Наши мальчишки и наши господа офицеры! Невольники войны. В одночасье ставшие умудренными, как старики. И не с кем им было судьбой меняться — такая уж им выпала доля, так жребий пал. Такими они и покинут землю, каждый из них в свою пору. Мы им во след, а кого еще при здравом уме осыпим, станется, хулой. но все же не столько их, приуставших и обреченных стылой победой, а тех, кто их посылал и направлял на столкновение неправое, богохульное, неугодное.

Воины скошенными зернами порассыпались по пахоте уже не пахотной обители, подперли ее стены и своды своими повинными могутными плечами, и каждый из них предстал трезвейшим светом и сказкой из потемок… Во Дворце… переставшего в одночасье быть Дворцом; в — скворечнике разворошенном, без улаженного гнезда, без выводка неоперившегося, которому — так никогда и не стать на крыло. Не разметывали бойцы и не стлали желтую солому по полу, чтоб мягко себе постелить, а присутствие хлева — соблазнительный образ минут тех: где никак не уляжется крови сухая возня; где еще не рассеялся мрак и петух не пропел; где раззадоренный вол тихонько гладит шершавым языком шерсть подруги своей и одновременно чужой, и ворошит соломой при этом желанном напоре; где немного теплого куриного помета и бестолкового овечьего тепла.- присутствие всего этого все равно было, все равно ощущалось. Так устроилось в те минуты, и им, участникам и соучастникам, не выйти из того заколдованного круга — они вповалку лежали на роздыхе, туго спеленатые только что свершенным, не человечьим, а боле животным, и несуществующая солома от недолгого сна-забытья все равно шевелилась…

Мужики постигали истину — как в одночасье дворцы обретаются в хлев!..

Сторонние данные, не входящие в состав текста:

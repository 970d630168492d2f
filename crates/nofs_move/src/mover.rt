//! One call that moves a file.
//!
//! Promise: it makes just the steps of the command, in order, and ends with its line. What these steps
//! promise of a crash the laws say.
ghost use Rattle.std.specs.Prelude.{◌≡◌, IfOk};
ghost use Rattle.nofs_client.specs.Task.Commands.{HasName};
ghost use Rattle.nofs_client.specs.declared.task.commands.Command.TheVariants as command;
ghost use Rattle.nofs_client.specs.Driver.{RunsTo, RunsPartly};

use crate::paths::copy_path;
use nofs_client::{Client, Command, Line, Path};
use nofs_history::Steps;
use std::alloc::{AllocError, Global};

fn move_command(alloc: Global, from: &Path, to: &Path) -> Result<Command, AllocError>
    ensures { IfOk result (λ moves. moves ≡ command.Move from.now to.now) }
{
    Ok(Command::Move {
        from: copy_path(alloc, from)?,
        to: copy_path(alloc, to)?,
    })
}

/// Moves the file at `from` to the name `to`, durably at each step: looks both directories up, flushes the
/// file, links it under its new name, flushes again, and drops the old name. The line is `Moved`, or that
/// of the step that was refused; then both names may stand, and nothing is undone. Memory for the command
/// is taken before the first step. Where memory is wanting it ends, and the steps that were made are those
/// that the command asks for first.
pub fn move_file<S: Steps>(
    alloc: Global,
    client: &mut Client<S>,
    from: &Path,
    to: &Path,
) -> Result<Line, AllocError>
    requires from { HasName from.now }
    requires to { HasName to.now }
    ensures ran { IfOk result
        (RunsTo (command.Move from.now to.now) (S.made client.old.steps) (S.made client.new.steps)) }
    ensures partly { RunsPartly (command.Move from.now to.now) (S.made client.old.steps) (S.made client.new.steps) }
    ensures goes { S.goes client.old.steps client.new.steps }
{
    let command = move_command(alloc, from, to)?;
    client.run(alloc, &command)
}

В освобожденном от выстрелов и взрывов полузатишье вдруг — душераздирающий крик взбился под потолками и колоннами. И снова — этот холод меж лопаток, как продолжение боязни. Человек тембром таким не владеет и не может так завизжать. Все оцепенели — в сознание вернулись звуки токмо что отошедшей войны, которые, казалось бы, навсегда ушли прочь, принося некоторое облегчение изморившемуся, истерзанному бойцу, разомлевшему в окружении всего этого непотребного оскорбления и не выскабливаемой грязи. Руки невольно потянулись к автоматам. Из подвалов большого дома выскочил кот и стремглав пронесся прямиком через залу. Вздыбившая шерсть искрилась, безумное стекло — в глазах. Насмерть перепуганный бедолага давал деру, промчался по ногам и животам раненных, пропетлял между частыми лужами крови и частоколом ног снующих, вырвался на двор…. И стал первостатейным, кто, без колебаний и без озиранья, оставил и обиталище разворошенное, и хозяина в смерти, которую он по-звериному учуял загодя, еще вчера, и осознал сердешный, изводясь непоправимым и неизбежным. Растяжно и жалобно кликал, взывал, просился на колени, терся, заглядывая хозяину в глаза, и не понимал, непонимания, без пяти минут покойника.

Куда-то убежал тот кот ученый, породистый мартовский волокита.. Оставив за собою клок шерстистого пушка на цапфе автомата убаюканного передышкой солдата, крепкое незлобное слово бойца, и — мороз по коже почти у всех.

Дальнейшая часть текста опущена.